##### Supplied material

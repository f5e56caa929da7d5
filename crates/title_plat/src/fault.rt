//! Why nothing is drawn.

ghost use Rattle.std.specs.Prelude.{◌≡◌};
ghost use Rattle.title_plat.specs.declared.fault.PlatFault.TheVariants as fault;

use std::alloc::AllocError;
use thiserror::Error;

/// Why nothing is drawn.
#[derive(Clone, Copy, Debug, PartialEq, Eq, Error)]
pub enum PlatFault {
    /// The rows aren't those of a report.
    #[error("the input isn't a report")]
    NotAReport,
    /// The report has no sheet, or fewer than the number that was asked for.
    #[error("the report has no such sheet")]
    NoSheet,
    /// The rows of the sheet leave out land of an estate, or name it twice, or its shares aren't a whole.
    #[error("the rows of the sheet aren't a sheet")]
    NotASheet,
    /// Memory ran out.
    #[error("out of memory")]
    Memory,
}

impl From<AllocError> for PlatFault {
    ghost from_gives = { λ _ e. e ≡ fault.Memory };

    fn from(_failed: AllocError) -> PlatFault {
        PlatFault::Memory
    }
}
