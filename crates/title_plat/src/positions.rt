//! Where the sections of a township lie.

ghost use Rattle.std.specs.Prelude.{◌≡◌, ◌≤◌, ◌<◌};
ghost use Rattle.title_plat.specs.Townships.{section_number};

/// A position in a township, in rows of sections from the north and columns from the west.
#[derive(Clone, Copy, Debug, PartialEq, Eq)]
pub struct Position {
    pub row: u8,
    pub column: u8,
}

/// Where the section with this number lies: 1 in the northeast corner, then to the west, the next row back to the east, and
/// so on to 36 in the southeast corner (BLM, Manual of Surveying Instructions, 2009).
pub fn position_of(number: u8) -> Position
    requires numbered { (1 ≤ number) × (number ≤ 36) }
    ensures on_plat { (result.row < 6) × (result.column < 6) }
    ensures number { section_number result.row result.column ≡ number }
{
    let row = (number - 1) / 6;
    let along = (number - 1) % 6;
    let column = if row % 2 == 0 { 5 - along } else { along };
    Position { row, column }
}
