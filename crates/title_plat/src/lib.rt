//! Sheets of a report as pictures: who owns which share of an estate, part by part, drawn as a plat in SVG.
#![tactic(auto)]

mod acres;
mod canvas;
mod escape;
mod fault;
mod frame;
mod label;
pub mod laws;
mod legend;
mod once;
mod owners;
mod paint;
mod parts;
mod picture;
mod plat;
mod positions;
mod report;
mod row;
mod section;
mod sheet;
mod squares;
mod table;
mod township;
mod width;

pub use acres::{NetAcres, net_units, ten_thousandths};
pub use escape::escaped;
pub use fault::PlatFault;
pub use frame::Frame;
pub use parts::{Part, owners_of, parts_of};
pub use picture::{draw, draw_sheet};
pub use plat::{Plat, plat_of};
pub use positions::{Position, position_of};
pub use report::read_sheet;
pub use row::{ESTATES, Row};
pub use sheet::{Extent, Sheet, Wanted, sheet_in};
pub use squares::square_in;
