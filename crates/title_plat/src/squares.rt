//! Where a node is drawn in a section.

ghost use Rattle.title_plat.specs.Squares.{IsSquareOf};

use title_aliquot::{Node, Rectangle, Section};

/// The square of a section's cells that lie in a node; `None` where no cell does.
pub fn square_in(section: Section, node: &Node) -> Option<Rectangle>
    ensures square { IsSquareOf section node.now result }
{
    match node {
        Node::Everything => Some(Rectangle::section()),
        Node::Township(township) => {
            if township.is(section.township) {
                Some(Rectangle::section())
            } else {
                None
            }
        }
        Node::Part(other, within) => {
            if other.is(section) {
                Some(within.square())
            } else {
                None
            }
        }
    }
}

##########
##### Supplied material

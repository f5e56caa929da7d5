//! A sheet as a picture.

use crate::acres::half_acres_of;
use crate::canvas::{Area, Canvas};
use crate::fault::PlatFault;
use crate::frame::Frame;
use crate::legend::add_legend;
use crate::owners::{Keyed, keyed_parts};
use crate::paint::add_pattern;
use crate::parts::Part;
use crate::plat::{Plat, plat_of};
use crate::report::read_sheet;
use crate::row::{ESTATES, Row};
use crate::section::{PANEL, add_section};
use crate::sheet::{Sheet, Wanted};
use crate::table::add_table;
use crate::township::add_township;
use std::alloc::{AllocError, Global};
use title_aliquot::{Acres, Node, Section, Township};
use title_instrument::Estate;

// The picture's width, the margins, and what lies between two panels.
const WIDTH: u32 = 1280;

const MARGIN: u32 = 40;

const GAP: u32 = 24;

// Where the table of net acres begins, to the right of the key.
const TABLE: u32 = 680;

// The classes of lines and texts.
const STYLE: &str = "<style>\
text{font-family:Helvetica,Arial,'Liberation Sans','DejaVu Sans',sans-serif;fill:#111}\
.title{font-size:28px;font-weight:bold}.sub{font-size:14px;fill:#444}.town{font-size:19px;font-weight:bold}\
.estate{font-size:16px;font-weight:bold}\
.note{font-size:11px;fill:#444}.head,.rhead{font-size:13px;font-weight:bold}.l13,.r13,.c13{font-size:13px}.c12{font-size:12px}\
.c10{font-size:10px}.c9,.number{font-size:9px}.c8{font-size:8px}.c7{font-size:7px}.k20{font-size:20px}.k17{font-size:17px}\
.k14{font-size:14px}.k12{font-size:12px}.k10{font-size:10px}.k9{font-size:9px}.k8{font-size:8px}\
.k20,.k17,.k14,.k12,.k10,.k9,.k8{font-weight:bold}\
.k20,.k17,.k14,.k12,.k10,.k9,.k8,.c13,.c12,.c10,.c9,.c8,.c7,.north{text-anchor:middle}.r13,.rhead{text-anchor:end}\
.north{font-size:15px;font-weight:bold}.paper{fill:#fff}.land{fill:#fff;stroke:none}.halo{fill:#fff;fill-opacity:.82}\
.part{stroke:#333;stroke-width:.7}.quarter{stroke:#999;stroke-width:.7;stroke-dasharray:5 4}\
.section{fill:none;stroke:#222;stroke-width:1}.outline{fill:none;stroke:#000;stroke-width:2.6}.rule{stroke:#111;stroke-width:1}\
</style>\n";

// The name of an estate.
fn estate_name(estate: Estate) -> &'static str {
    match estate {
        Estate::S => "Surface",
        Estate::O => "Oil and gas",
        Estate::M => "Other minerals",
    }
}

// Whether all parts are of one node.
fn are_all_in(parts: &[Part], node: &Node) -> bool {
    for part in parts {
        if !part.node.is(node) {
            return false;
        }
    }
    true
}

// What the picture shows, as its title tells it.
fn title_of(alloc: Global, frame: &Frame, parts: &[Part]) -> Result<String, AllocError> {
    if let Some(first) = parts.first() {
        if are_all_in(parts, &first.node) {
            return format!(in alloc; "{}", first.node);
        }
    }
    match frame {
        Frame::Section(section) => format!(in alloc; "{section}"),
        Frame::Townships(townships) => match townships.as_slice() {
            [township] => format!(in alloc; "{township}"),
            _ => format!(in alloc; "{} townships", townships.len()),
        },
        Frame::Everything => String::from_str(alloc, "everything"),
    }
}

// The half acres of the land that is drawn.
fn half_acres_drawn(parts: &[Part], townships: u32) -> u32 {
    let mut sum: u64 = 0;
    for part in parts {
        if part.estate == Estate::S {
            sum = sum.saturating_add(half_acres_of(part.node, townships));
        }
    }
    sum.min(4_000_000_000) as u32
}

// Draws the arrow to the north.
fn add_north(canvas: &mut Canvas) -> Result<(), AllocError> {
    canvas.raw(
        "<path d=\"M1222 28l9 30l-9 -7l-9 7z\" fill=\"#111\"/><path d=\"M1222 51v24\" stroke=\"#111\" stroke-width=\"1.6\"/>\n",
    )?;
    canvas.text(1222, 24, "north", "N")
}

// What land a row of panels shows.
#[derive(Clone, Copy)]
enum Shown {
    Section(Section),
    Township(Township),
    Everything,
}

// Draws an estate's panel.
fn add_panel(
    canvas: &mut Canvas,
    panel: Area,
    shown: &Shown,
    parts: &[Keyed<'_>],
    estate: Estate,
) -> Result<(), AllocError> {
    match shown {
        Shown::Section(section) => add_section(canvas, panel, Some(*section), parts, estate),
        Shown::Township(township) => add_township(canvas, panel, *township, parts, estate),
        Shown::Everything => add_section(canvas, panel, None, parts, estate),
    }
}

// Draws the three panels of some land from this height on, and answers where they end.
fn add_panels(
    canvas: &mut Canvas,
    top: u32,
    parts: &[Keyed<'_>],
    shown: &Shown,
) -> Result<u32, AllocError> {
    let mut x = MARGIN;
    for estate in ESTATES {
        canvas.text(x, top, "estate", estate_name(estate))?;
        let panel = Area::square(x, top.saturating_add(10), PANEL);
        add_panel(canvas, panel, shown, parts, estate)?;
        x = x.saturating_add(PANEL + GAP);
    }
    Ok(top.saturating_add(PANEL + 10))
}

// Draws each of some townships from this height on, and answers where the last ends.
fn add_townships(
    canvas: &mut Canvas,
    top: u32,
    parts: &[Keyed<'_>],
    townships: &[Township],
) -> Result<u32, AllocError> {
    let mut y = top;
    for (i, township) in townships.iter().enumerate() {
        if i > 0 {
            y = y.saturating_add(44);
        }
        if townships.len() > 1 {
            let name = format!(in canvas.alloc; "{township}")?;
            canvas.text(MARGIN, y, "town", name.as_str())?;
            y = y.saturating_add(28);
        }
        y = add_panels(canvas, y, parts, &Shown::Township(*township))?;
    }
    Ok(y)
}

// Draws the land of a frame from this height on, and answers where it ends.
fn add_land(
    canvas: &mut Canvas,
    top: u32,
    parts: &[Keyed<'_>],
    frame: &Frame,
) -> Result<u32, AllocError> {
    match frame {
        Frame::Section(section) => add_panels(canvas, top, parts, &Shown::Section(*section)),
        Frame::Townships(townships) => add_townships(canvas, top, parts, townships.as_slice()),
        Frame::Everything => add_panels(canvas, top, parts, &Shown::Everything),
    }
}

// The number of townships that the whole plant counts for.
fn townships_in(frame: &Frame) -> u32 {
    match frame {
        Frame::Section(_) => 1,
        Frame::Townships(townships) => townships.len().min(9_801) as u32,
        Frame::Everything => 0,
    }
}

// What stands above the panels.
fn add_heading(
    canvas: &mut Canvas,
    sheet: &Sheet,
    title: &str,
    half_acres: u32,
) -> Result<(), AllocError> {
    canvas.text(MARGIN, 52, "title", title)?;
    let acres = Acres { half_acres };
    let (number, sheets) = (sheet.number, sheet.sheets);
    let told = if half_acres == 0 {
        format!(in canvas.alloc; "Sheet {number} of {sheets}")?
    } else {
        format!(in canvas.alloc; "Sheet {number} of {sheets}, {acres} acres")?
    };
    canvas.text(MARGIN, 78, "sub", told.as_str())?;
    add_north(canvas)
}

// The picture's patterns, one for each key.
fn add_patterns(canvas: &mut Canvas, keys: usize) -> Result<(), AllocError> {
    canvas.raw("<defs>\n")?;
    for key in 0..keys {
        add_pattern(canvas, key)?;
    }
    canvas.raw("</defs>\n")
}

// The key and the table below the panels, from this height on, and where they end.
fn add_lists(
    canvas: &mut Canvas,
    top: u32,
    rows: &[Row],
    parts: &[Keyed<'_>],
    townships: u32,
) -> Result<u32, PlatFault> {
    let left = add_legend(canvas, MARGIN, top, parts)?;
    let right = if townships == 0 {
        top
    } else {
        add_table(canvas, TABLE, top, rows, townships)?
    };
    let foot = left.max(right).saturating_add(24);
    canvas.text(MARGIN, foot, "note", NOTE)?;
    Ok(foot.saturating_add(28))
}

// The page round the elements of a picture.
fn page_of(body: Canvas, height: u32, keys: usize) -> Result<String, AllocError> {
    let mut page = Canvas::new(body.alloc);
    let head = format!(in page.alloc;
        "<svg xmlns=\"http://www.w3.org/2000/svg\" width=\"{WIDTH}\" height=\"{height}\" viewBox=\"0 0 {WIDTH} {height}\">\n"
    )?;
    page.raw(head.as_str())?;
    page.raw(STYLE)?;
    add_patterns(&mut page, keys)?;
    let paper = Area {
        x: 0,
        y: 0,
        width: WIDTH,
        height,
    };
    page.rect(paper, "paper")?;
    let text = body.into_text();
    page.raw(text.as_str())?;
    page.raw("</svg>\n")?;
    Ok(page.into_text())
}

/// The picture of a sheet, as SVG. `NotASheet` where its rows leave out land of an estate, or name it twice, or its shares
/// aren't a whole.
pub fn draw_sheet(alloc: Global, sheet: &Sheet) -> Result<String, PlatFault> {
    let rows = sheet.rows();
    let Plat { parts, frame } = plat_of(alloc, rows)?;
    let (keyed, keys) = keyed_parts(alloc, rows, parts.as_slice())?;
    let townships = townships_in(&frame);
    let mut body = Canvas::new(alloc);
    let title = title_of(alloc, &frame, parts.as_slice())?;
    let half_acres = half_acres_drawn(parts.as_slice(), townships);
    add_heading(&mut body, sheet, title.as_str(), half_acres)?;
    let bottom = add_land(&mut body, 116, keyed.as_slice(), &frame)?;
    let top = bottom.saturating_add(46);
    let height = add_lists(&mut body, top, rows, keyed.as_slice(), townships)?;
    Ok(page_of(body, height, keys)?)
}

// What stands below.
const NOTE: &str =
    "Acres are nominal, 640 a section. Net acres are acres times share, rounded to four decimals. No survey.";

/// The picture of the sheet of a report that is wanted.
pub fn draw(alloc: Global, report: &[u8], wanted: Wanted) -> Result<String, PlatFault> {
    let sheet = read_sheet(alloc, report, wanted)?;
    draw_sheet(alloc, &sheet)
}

##########
##### Supplied material

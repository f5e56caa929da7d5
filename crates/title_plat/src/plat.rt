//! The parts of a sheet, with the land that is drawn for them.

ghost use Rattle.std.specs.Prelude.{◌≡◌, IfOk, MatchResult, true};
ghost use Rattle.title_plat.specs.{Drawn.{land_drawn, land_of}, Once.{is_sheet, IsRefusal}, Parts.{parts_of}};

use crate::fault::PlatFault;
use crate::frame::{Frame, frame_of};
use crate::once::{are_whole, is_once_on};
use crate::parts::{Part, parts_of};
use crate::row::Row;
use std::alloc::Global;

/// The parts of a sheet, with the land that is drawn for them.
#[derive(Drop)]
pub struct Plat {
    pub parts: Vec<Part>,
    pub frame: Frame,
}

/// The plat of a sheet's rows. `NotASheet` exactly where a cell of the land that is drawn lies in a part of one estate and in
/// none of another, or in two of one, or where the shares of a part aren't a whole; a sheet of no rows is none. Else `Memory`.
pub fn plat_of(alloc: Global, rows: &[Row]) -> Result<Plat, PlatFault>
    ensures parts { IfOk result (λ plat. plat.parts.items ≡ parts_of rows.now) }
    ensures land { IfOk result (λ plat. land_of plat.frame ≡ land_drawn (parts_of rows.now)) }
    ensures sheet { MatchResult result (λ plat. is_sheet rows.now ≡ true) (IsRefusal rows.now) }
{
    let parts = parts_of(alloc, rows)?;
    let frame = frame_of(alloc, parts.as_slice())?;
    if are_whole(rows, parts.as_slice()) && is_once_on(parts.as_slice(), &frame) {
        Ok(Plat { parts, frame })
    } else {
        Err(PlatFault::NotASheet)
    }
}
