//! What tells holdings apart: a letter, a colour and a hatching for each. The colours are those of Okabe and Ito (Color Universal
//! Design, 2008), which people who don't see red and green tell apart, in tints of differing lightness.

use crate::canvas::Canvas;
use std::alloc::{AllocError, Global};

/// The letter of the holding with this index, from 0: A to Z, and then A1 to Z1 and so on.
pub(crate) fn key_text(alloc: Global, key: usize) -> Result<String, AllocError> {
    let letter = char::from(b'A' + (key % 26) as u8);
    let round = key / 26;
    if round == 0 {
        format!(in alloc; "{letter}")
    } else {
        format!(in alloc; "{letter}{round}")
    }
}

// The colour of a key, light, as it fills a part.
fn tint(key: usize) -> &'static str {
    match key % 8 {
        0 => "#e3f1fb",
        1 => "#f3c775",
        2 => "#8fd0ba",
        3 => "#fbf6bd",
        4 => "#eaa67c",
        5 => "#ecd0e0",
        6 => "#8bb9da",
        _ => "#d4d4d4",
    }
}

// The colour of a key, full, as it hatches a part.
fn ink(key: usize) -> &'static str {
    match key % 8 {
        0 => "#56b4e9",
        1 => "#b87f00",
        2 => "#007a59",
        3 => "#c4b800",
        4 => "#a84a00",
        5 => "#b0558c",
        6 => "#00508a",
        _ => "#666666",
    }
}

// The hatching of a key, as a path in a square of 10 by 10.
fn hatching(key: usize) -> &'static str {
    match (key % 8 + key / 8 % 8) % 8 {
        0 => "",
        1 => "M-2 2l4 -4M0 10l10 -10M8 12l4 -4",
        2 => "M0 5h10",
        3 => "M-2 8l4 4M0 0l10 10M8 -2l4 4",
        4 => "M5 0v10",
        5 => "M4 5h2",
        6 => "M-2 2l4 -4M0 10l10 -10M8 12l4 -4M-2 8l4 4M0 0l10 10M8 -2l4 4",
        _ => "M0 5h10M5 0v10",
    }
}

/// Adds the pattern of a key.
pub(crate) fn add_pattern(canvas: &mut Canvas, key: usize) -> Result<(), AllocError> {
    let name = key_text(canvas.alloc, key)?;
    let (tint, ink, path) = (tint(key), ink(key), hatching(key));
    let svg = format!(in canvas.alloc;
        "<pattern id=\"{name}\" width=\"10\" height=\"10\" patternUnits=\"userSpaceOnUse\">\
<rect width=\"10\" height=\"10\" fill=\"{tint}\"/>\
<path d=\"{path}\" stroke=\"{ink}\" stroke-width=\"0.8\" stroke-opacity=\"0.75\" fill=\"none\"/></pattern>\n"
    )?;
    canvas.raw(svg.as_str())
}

##########

### [Exercise directions]
Give only the number of lines in the entries above that contain the string "positions".

### [Problem solution]
3